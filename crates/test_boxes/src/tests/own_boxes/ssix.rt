//! The bytes of `ssix` (ISO/IEC 14496-12, 8.16.4).

ghost use Rattle.std.specs.Prelude.{◌<◌};

use crate::tests::own_boxes::has_fault;
use example_boxes::{Ssix, SsixBox, SsixRange, Subsegment};
use mp4_stream::Result as Made;
use std::alloc::Global;
use std::test::Fail;
use test_shared::helpers::{Kind, expect_kind};
use test_shared::made;

/// Three subsegments, with two ranges, one and four. The bytes of the fields count up from 0x81, after the version and
/// between the counts.
pub(crate) const BYTES: [u8; 56] = *b"\0\0\0\x38ssix\0\x81\x82\x83\0\0\0\x03\
\0\0\0\x02\x84\x85\x86\x87\x88\x89\x8a\x8b\
\0\0\0\x01\x8c\x8d\x8e\x8f\
\0\0\0\x04\x90\x91\x92\x93\x94\x95\x96\x97\x98\x99\x9a\x9b\x9c\x9d\x9e\x9f";

/// The ranges of the subsegments of `BYTES`.
const RANGES: [&[(u8, u32)]; 3] = [
    &[(0x84, 0x85_8687), (0x88, 0x89_8a8b)],
    &[(0x8c, 0x8d_8e8f)],
    &[
        (0x90, 0x91_9293),
        (0x94, 0x95_9697),
        (0x98, 0x99_9a9b),
        (0x9c, 0x9d_9e9f),
    ],
];

/// Makes a box with the flags of `BYTES` and with subsegments with these `ranges`, each a level and a size.
fn ssix(alloc: Global, ranges: &[&[(u8, u32)]]) -> Made<SsixBox> {
    let mut subsegments = Vec::new(alloc);
    for of_subsegment in ranges {
        let mut ranges = Vec::new(alloc);
        for (level, range_size) in *of_subsegment {
            ranges.push(SsixRange {
                level: *level,
                range_size: *range_size,
            })?;
        }
        let ranges = ranges.into();
        subsegments.push(Subsegment { ranges })?;
    }
    Ok(SsixBox::new(Ssix {
        version: 0,
        flags: 0x81_8283,
        subsegments: subsegments.into(),
    }))
}

/// Makes the box of `BYTES`.
pub(crate) fn index(alloc: Global) -> Made<SsixBox> {
    ssix(alloc, &RANGES)
}

/// Returns the bytes of `BYTES` with the byte at offset `at` set to `value`.
pub(crate) fn changed(at: usize, value: u8) -> [u8; 56]
    requires { at < 56 }
{
    let mut bytes = BYTES;
    bytes[at] = value;
    bytes
}

/// The fault of a count that is too large for the box.
pub(crate) const TOO_MANY: &str = "count indicates more entries than could fit in the box";

/// Returns whether reading `bytes` with this `size` fails with `TOO_MANY`.
fn has_too_many(alloc: Global, bytes: &[u8], size: u64) -> bool {
    has_fault::<SsixBox>(alloc, bytes, size, TOO_MANY)
}

#[test]
fn ssix_is_written_and_read(rt: HostRuntime) -> Result<(), Fail> {
    let alloc = rt.alloc();
    let empty = b"\0\0\0\x14ssix\0\x81\x82\x83\0\0\0\x01\0\0\0\0";
    made::round_trip(alloc, index(alloc), &BYTES).and(made::round_trip(
        alloc,
        ssix(alloc, &[&[]]),
        empty,
    ))?;
    Ok(())
}

/// A count of one less leaves out the last entry, or reads its bytes as the next count.
#[test]
fn counts_that_are_one_short(rt: HostRuntime) -> Result<(), Fail> {
    let alloc = rt.alloc();
    let two = ssix(alloc, &RANGES[..2]);
    let last = ssix(alloc, &[RANGES[0], RANGES[1], &RANGES[2][..3]]);
    assert!(rt; has_too_many(alloc, &changed(19, 1), 56));
    made::value(alloc, two, &changed(15, 2), 56).and(made::value(
        alloc,
        last,
        &changed(39, 3),
        56,
    ))?;
    Ok(())
}

#[test]
fn counts_and_sizes_that_do_not_fit(rt: HostRuntime) -> Result<(), Fail> {
    let alloc = rt.alloc();
    assert!(rt; has_too_many(alloc, &BYTES, 55) && has_too_many(alloc, &changed(39, 5), 56));
    expect_kind::<SsixBox>(alloc, &BYTES[..55], 56, Kind::End)
        .and(expect_kind::<SsixBox>(alloc, &changed(15, 4), 56, Kind::End))
        .and(made::written(alloc, ssix(alloc, &[&[(0xff, 0xff_ffff)]]), 24))
        .and(made::unwritable(alloc, ssix(alloc, &[&[(0, 0x100_0000)]])))?;
    Ok(())
}
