//! The text of a row, in each form.

ghost use Rattle.std.specs.Prelude.{◌≡◌, ◌++◌, replicate, min, string_bytes, OnOk};
ghost use Rattle.mp4_inspect_samples.specs.RowText.{padded, column, wide_column};
ghost use Rattle.mp4_inspect_samples.specs.RowText.{maybe_column, shown_column, time_column, wide_shown_column};
ghost use Rattle.mp4_inspect_samples.specs.RowText.{wide_time_column};
ghost use Rattle.mp4_inspect_samples.specs.RowText.{sync_number, csv_place, csv_time, csv_kind, csv_text, json_place};
ghost use Rattle.mp4_inspect_samples.specs.RowText.{json_time, json_shown, json_front, json_duration, json_sync};
ghost use Rattle.mp4_inspect_samples.specs.RowText.{json_entry, json_kind, json_text, plain_place, plain_time};
ghost use Rattle.mp4_inspect_samples.specs.RowText.{plain_kind, plain_text, row_text};

use crate::clock::Clock;
use crate::row::{Row, Shown};
use crate::time_text::{push_shown, push_time};
use std::alloc::AllocError;

/// The form of rows.
#[derive(Clone, Copy, Debug, PartialEq, Eq)]
pub enum Form {
    /// Aligned columns, with a heading for each track.
    Text,
    /// Numbers between commas, with one line of names in front.
    Csv,
    /// An array of objects.
    Json,
}

/// Appends a number after some text.
#[tactic(auto, unfolding(crate::specs::RowText::column))]
pub fn push_number(before: &str, number: u64, out: &mut String) -> Result<(), AllocError>
    ensures { OnOk result (string_bytes out.new ≡ string_bytes out.old ++ column before.now number) }
{
    let mut buffer = itoa::Buffer::new();
    out.push_str(before)?;
    out.push_str(buffer.format(number))?;
    Ok(())
}

/// Appends a number that can be unknown after `before`, or `unknown` if it is.
#[tactic(auto, unfolding(crate::specs::RowText::maybe_column))]
pub fn push_maybe(
    before: &str,
    number: Option<u32>,
    unknown: &str,
    out: &mut String,
) -> Result<(), AllocError>
    ensures { OnOk result
        (string_bytes out.new ≡ string_bytes out.old ++ maybe_column before.now unknown.now number) }
{
    match number {
        Some(number) => push_number(before, u64::from(number), out),
        None => {
            out.push_str(before)?;
            out.push_str(unknown)
        }
    }
}

/// Appends a time after some text, or `unknown` if its seconds are unknown.
#[tactic(auto, unfolding(crate::specs::RowText::time_column))]
pub fn push_time_column(
    before: &str,
    unknown: &str,
    clock: Clock,
    time: u64,
    out: &mut String,
) -> Result<(), AllocError>
    ensures { OnOk result
        (string_bytes out.new ≡ string_bytes out.old ++ time_column before.now unknown.now clock time) }
{
    out.push_str(before)?;
    push_time(unknown, clock, time, out)
}

/// Appends a presentation time after some text, or `unknown` if there is none or its seconds are unknown.
#[tactic(auto, unfolding(crate::specs::RowText::shown_column))]
fn push_shown_column(
    before: &str,
    unknown: &str,
    clock: Clock,
    shown: Shown,
    out: &mut String,
) -> Result<(), AllocError>
    ensures { OnOk result
        (string_bytes out.new ≡ string_bytes out.old ++ shown_column before.now unknown.now clock shown) }
{
    out.push_str(before)?;
    push_shown(unknown, clock, shown, out)
}

/// Returns `count` spaces, at most 16.
fn spaces(count: usize) -> &'static str
    ensures { result.now ≡ replicate (min count 16) 32 }
{
    match count {
        0 => "",
        1 => " ",
        2 => "  ",
        3 => "   ",
        4 => "    ",
        5 => "     ",
        6 => "      ",
        7 => "       ",
        8 => "        ",
        9 => "         ",
        10 => "          ",
        11 => "           ",
        12 => "            ",
        13 => "             ",
        14 => "              ",
        15 => "               ",
        _ => "                ",
    }
}

/// Appends digits after some text and spaces, so that spaces and digits are of a width.
pub fn push_padded(
    before: &str,
    width: usize,
    digits: &str,
    out: &mut String,
) -> Result<(), AllocError>
    ensures { OnOk result (string_bytes out.new ≡ string_bytes out.old ++ (before.now ++ padded width digits.now)) }
{
    out.push_str(before)?;
    out.push_str(spaces(width.saturating_sub(digits.len())))?;
    out.push_str(digits)?;
    Ok(())
}

/// Appends a number of a width after some text.
#[tactic(auto, unfolding(crate::specs::RowText::wide_column))]
pub fn push_wide(
    before: &str,
    width: usize,
    number: u64,
    out: &mut String,
) -> Result<(), AllocError>
    ensures { OnOk result (string_bytes out.new ≡ string_bytes out.old ++ wide_column before.now width number) }
{
    let mut buffer = itoa::Buffer::new();
    push_padded(before, width, buffer.format(number), out)
}

/// Appends a time of a width after some text. `cell` has room for its digits.
#[tactic(auto, unfolding(crate::specs::RowText::wide_time_column))]
pub fn push_wide_time(
    before: &str,
    width: usize,
    clock: Clock,
    time: u64,
    cell: &mut String,
    out: &mut String,
) -> Result<(), AllocError>
    ensures { OnOk result
        (string_bytes out.new ≡ string_bytes out.old ++ wide_time_column before.now width clock time) }
{
    cell.clear();
    push_time("-", clock, time, cell)?;
    push_padded(before, width, cell.as_str(), out)
}

/// Appends a presentation time of a width after some text. `cell` has room for its digits.
#[tactic(auto, unfolding(crate::specs::RowText::wide_shown_column))]
fn push_wide_shown(
    before: &str,
    width: usize,
    clock: Clock,
    shown: Shown,
    cell: &mut String,
    out: &mut String,
) -> Result<(), AllocError>
    ensures { OnOk result
        (string_bytes out.new ≡ string_bytes out.old ++ wide_shown_column before.now width clock shown) }
{
    cell.clear();
    push_shown("-", clock, shown, cell)?;
    push_padded(before, width, cell.as_str(), out)
}

/// Returns 1 for a sync sample, or 0 for another.
fn sync_number(is_sync: bool) -> u64
    ensures { result ≡ sync_number is_sync }
{
    if is_sync { 1 } else { 0 }
}

/// Appends the track, the number and the offset of a row, as numbers between commas.
#[tactic(auto, unfolding(crate::specs::RowText::csv_place))]
fn push_csv_place(row: &Row, out: &mut String) -> Result<(), AllocError>
    ensures { OnOk result (string_bytes out.new ≡ string_bytes out.old ++ csv_place row.now) }
{
    push_maybe("", row.track, "", out)?;
    push_number(",", row.number, out)?;
    push_number(",", row.offset, out)
}

/// Appends the size and the times of a row, as numbers between commas.
#[tactic(auto, unfolding(crate::specs::RowText::csv_time))]
fn push_csv_time(row: &Row, out: &mut String) -> Result<(), AllocError>
    ensures { OnOk result (string_bytes out.new ≡ string_bytes out.old ++ csv_time row.now) }
{
    push_number(",", u64::from(row.size), out)?;
    push_time_column(",", "", row.clock, row.decode_time, out)?;
    push_shown_column(",", "", row.clock, row.presentation, out)
}

/// Appends the duration of a row and what follows it, as numbers between commas.
#[tactic(auto, unfolding(crate::specs::RowText::csv_kind))]
fn push_csv_kind(row: &Row, out: &mut String) -> Result<(), AllocError>
    ensures { OnOk result (string_bytes out.new ≡ string_bytes out.old ++ csv_kind row.now) }
{
    push_time_column(",", "", row.clock, u64::from(row.duration), out)?;
    push_number(",", sync_number(row.is_sync), out)?;
    push_number(",", u64::from(row.description), out)?;
    push_maybe(",", row.clock.timescale, "", out)
}

/// Appends a row as a line of numbers between commas.
#[tactic(auto, unfolding(crate::specs::RowText::csv_text))]
fn push_csv(row: &Row, out: &mut String) -> Result<(), AllocError>
    ensures { OnOk result (string_bytes out.new ≡ string_bytes out.old ++ csv_text row.now) }
{
    push_csv_place(row, out)?;
    push_csv_time(row, out)?;
    push_csv_kind(row, out)?;
    out.push_str("\n")
}

/// Appends the track, the number and the offset of a row, as members of a JSON object.
#[tactic(auto, unfolding(crate::specs::RowText::json_place))]
fn push_json_place(row: &Row, out: &mut String) -> Result<(), AllocError>
    ensures { OnOk result (string_bytes out.new ≡ string_bytes out.old ++ json_place row.now) }
{
    push_maybe("{\"track\": ", row.track, "null", out)?;
    push_number(", \"number\": ", row.number, out)?;
    push_number(", \"offset\": ", row.offset, out)
}

/// Appends the size and the decode time of a row, as members of a JSON object.
#[tactic(auto, unfolding(crate::specs::RowText::json_time))]
fn push_json_time(row: &Row, out: &mut String) -> Result<(), AllocError>
    ensures { OnOk result (string_bytes out.new ≡ string_bytes out.old ++ json_time row.now) }
{
    push_number(", \"size\": ", u64::from(row.size), out)?;
    push_time_column(
        ", \"decode_time\": ",
        "null",
        row.clock,
        row.decode_time,
        out,
    )
}

/// Appends the presentation time of a row, as a member of a JSON object.
#[tactic(auto, unfolding(crate::specs::RowText::json_shown))]
fn push_json_shown(row: &Row, out: &mut String) -> Result<(), AllocError>
    ensures { OnOk result (string_bytes out.new ≡ string_bytes out.old ++ json_shown row.now) }
{
    push_shown_column(
        ", \"presentation_time\": ",
        "null",
        row.clock,
        row.presentation,
        out,
    )
}

/// Appends the place and the times of a row, as members of a JSON object.
#[tactic(auto, unfolding(crate::specs::RowText::json_front))]
fn push_json_front(row: &Row, out: &mut String) -> Result<(), AllocError>
    ensures { OnOk result (string_bytes out.new ≡ string_bytes out.old ++ json_front row.now) }
{
    push_json_place(row, out)?;
    push_json_time(row, out)?;
    push_json_shown(row, out)
}

/// Appends the duration of a row, as a member of a JSON object.
#[tactic(auto, unfolding(crate::specs::RowText::json_duration))]
fn push_json_duration(row: &Row, out: &mut String) -> Result<(), AllocError>
    ensures { OnOk result (string_bytes out.new ≡ string_bytes out.old ++ json_duration row.now) }
{
    push_time_column(
        ", \"duration\": ",
        "null",
        row.clock,
        u64::from(row.duration),
        out,
    )
}

/// Appends whether a row is of a sync sample, as a member of a JSON object.
#[tactic(auto, unfolding(crate::specs::RowText::json_sync))]
fn push_json_sync(row: &Row, out: &mut String) -> Result<(), AllocError>
    ensures { OnOk result (string_bytes out.new ≡ string_bytes out.old ++ json_sync row.now) }
{
    push_number(", \"sync\": ", sync_number(row.is_sync), out)
}

/// Appends the sample entry of a row, as a member of a JSON object.
#[tactic(auto, unfolding(crate::specs::RowText::json_entry))]
fn push_json_entry(row: &Row, out: &mut String) -> Result<(), AllocError>
    ensures { OnOk result (string_bytes out.new ≡ string_bytes out.old ++ json_entry row.now) }
{
    push_number(", \"description\": ", u64::from(row.description), out)?;
    push_maybe(", \"timescale\": ", row.clock.timescale, "null", out)
}

/// Appends the duration of a row and what follows it, as members of a JSON object.
#[tactic(auto, unfolding(crate::specs::RowText::json_kind))]
fn push_json_kind(row: &Row, out: &mut String) -> Result<(), AllocError>
    ensures { OnOk result (string_bytes out.new ≡ string_bytes out.old ++ json_kind row.now) }
{
    push_json_duration(row, out)?;
    push_json_sync(row, out)?;
    push_json_entry(row, out)
}

/// Appends a row as a JSON object.
#[tactic(auto, unfolding(crate::specs::RowText::json_text))]
fn push_json(row: &Row, out: &mut String) -> Result<(), AllocError>
    ensures { OnOk result (string_bytes out.new ≡ string_bytes out.old ++ json_text row.now) }
{
    push_json_front(row, out)?;
    push_json_kind(row, out)?;
    out.push_str("}")
}

/// Appends the number, the offset and the size of a row, as aligned columns.
#[tactic(auto, unfolding(crate::specs::RowText::plain_place))]
fn push_plain_place(row: &Row, out: &mut String) -> Result<(), AllocError>
    ensures { OnOk result (string_bytes out.new ≡ string_bytes out.old ++ plain_place row.now) }
{
    push_wide("", 8, row.number, out)?;
    push_wide("  ", 12, row.offset, out)?;
    push_wide("  ", 9, u64::from(row.size), out)
}

/// Appends the times and the duration of a row, as aligned columns.
#[tactic(auto, unfolding(crate::specs::RowText::plain_time))]
fn push_plain_time(row: &Row, cell: &mut String, out: &mut String) -> Result<(), AllocError>
    ensures { OnOk result (string_bytes out.new ≡ string_bytes out.old ++ plain_time row.now) }
{
    push_wide_time("  ", 12, row.clock, row.decode_time, cell, out)?;
    push_wide_shown("  ", 17, row.clock, row.presentation, cell, out)?;
    push_wide_time("  ", 9, row.clock, u64::from(row.duration), cell, out)
}

/// Appends the other columns of a row, as aligned columns.
#[tactic(auto, unfolding(crate::specs::RowText::plain_kind))]
fn push_plain_kind(row: &Row, out: &mut String) -> Result<(), AllocError>
    ensures { OnOk result (string_bytes out.new ≡ string_bytes out.old ++ plain_kind row.now) }
{
    push_wide("  ", 4, sync_number(row.is_sync), out)?;
    push_wide("  ", 11, u64::from(row.description), out)
}

/// Appends a row as a line of aligned columns, without its track.
#[tactic(auto, unfolding(crate::specs::RowText::plain_text))]
fn push_plain(row: &Row, cell: &mut String, out: &mut String) -> Result<(), AllocError>
    ensures { OnOk result (string_bytes out.new ≡ string_bytes out.old ++ plain_text row.now) }
{
    push_plain_place(row, out)?;
    push_plain_time(row, cell, out)?;
    push_plain_kind(row, out)?;
    out.push_str("\n")
}

/// Appends a row. As JSON it follows a comma if it follows another row. `cell` has room for a time.
pub fn push_row(
    form: Form,
    follows: bool,
    row: &Row,
    cell: &mut String,
    out: &mut String,
) -> Result<(), AllocError>
    ensures { OnOk result (string_bytes out.new ≡ string_bytes out.old ++ row_text form follows row.now) }
{
    match form {
        Form::Text => push_plain(row, cell, out),
        Form::Csv => push_csv(row, out),
        Form::Json => {
            out.push_str(if follows { ",\n" } else { "\n" })?;
            push_json(row, out)
        }
    }
}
········
◆ Exercise aim
Pull out each line of the entries that contains "SsixRange".

◆ Solution to this exercise
use example_boxes::{Ssix, SsixBox, SsixRange, Subsegment};
            ranges.push(SsixRange {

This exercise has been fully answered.